Le porte delle camere del piano superiore erano tutte aperte e dai vetri delle finestre entrava il chiarore tenue dei rari lampioni della strada, avvolta in una nebbia lattiginosa, a illuminare parcamente gli ambienti, evidenziando la silouette degli arredi, senza mostrarne i particolari.
Il dottor Perlini accese la luce di una camera qualsiasi: un letto con una coperta di broccato pretenzioso, un abatjour su un comodino, una toilette con la specchiera di falso settecento veneziano sulla parete di fondo, tendoni alle finestre in pendant con il broccato del letto avvolti da un cordone intrecciato con nappa, in un angolo l’immancabile lavabo e il bidet di ceramica appoggiato su un supporto di ferro battuto per le indispensabili abluzioni, con la biancheria da bagno candida e pronta per l’uso. Ai piedi del letto un canapé, sulla cui spalliera era appoggiato un negligè che sembrava appena smesso. Alle pareti una tappezzeria pulita e ordinata, con un trompe-l’oeil lascivo sopra la testiera del letto e un dipinto erotico a lato della specchiera. Incollata sullo stipite della porta una maiolica vezzosa con il nome Adalgisa dipinto in caratteri svolazzanti.

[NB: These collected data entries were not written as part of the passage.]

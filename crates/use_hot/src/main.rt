//! An object that many threads call, built in two ways: with a gate in front of one node, and with twins,
//! which are one node for each thread.
#![tactic(auto)]

mod hot;
mod twins;

fn main(rt: HostRuntime) -> anyhow::Result<()> {
    hot::start(&rt, rt.alloc())?;
    twins::start(&rt, rt.alloc())
}
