//! Replies that report nodes of a tree, and what reads and writes of files returned. They are for every board
//! whose nodes and files are of these types.
#![tactic(auto)]

mod files;
mod nodes;
mod part;

pub use files::{tell_count, tell_error};
pub use nodes::{tell_names, tell_stat};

“Non manca proprio nulla. Se ha comperato lo stabilimento con tutto quello che contiene, potrà allestire un mercatino dell’usato come si deve. Troverà certo gli estimatori”.
Così dicendo, il tassista si era avvicinato al letto, scostando la coperta di broccato. “Ci sono anche le lenzuola”, disse. E poi: “Peccato, sono state lavate. Si è perso tutto il profumo. Almeno una camera è pronta per l’uso. Vada a letto, dottore. Sono certo che i suoi sogni saranno deliziosi”.
Diedero un’occhiata a tutto il piano. Anche le altre camere erano nelle stesse condizioni, con l’antico arredamento, la biancheria da letto e da bagno fresca di bucato. Solo dopo aver visionato cinque o sei stanze realizzarono consciamente un particolare che sembrava assurdo per una casa abbandonata da anni, per quanto recentemente ripulita: sul ripiano delle toilette, davanti alle specchiere, erano posati grandi vasi con le stesse pervinche azzurro-violacee che ingentilivano il banco della Mammarosa.
“La pervinca, simbolo dell’immortalità e del ricordo, fiore prediletto da Jean Jacques Rousseau e molto usato dagli stregoni celti nei loro riti”, proferì l’Aldrovandi con lo sguardo perso nel vuoto.
“Nell’Inghilterra del medioevo con le pervinche intrecciavano ghirlande che i condannati a morte infilavano al collo prima di salire al patibolo: una specie di sfida al potere. O di autoironia…”, proseguì in un tono di voce smorzato, che al dottor Perlini parve giungere da una dimensione lontana nel tempo.
“Queste pervinche vogliono forse simboleggiare la continuità delle sacre istituzioni patrie…”, si provò a scherzare il Perlini.
“Già, ma contrastano con il cinismo, la rozzezza e la tirchieria di quello squalo”, lo interruppe pensieroso l’Aldrovandi, attingendo al suo vasto repertorio di epiteti nei confronti del banchiere, “Chissà chi avrà messo tutti quei fiori”.
“La donna che ha fatto le pulizie, forse…”
“Sì”, lo interruppe il tassista con uno sguardo di commiserazione, “e li ha pagati attingendo al ricco salario che le passa quell’arpia”.
Continuarono l’esplorazione, l’uno con divertita curiosità, l’altro con la commozione di chi torna su luoghi rimpianti.
In fondo al corridoio una sala da bagno dagli smalti impeccabili e una scaletta di legno che portava a una specie di mansarda.
“Lassù vivevano le ragazze e la Mammarosa, nelle ore di chiusura”, disse il Pruin atteggiandosi a cicerone. “Se tanto mi dà tanto, nella cucina ci potrebbe essere anche da mangiare. Vogliamo fare un salto su?”
“Non mi dica che era di casa anche nel settore privato…”
“Dappertutto. Qualche volta le racconterò”.
“La riaccompagno sotto. L’occhiata in cucina la darò domani”.
Dopo la partenza del tassista, il dottor Perlini si versò un altro cognac, ridacchiando tra sé per quella strana avventura.
Guardò l’orologio: aveva una voglia matta di chiamare al telefono il commendator Chiarini, tirarlo giù dal letto e chiedergli cosa gli era venuto in mente di affittargli il vecchio casino.
Poi ritenne di lasciar perdere. Dopo tutto il prezzo dell’affitto, confrontato con quel po’ po’ di struttura, quel salone vasto da perdercisi dentro, come nella navata di una chiesa, una decina di camere, il piano mansardato che non aveva ancora visto, non era diverso da quello di una decorosa villa di una città di provincia.
Decise che per il momento andava bene così.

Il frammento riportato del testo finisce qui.